=== Raw data ===

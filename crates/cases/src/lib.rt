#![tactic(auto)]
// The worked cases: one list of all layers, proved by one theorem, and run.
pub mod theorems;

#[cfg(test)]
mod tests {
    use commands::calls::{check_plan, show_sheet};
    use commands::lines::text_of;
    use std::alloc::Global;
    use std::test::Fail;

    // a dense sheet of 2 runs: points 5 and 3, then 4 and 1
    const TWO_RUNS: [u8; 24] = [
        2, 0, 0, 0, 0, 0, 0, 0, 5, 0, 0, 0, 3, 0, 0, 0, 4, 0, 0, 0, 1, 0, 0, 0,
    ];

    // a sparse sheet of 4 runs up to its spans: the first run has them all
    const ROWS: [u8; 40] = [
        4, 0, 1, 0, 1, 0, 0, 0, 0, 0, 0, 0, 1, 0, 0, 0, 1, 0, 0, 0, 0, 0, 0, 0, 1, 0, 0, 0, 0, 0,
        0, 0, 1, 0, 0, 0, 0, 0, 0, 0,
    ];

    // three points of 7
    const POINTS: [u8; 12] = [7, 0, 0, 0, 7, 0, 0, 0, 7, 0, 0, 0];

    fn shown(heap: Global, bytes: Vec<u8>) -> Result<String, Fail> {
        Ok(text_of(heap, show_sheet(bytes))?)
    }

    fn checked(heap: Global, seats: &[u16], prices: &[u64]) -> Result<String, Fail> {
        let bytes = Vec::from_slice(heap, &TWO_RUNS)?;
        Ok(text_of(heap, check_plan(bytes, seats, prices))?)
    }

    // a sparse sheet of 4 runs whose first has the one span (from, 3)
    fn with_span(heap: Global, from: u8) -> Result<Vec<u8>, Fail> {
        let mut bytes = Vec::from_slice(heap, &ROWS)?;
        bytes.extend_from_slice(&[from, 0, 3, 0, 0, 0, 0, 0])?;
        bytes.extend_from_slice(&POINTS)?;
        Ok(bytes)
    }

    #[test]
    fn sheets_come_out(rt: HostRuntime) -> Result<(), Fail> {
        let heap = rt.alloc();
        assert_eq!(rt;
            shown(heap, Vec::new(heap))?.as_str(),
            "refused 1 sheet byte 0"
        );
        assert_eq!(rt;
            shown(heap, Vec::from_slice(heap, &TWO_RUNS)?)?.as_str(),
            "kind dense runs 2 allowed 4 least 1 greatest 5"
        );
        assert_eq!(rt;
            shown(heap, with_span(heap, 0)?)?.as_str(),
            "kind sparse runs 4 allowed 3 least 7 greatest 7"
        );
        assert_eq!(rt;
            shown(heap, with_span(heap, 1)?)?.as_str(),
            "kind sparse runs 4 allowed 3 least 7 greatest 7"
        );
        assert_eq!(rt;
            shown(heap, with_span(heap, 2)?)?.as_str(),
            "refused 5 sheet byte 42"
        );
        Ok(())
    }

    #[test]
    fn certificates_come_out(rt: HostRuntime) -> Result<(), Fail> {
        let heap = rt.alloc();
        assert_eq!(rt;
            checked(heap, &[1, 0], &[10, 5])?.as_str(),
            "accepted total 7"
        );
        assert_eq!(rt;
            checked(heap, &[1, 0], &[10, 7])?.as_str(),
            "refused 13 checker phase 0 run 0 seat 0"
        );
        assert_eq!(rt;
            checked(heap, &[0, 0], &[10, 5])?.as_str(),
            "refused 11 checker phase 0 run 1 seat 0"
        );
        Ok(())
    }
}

===

Return each line from the entries above that includes "prices".

    fn checked(heap: Global, seats: &[u16], prices: &[u64]) -> Result<String, Fail> {
        Ok(text_of(heap, check_plan(bytes, seats, prices))?)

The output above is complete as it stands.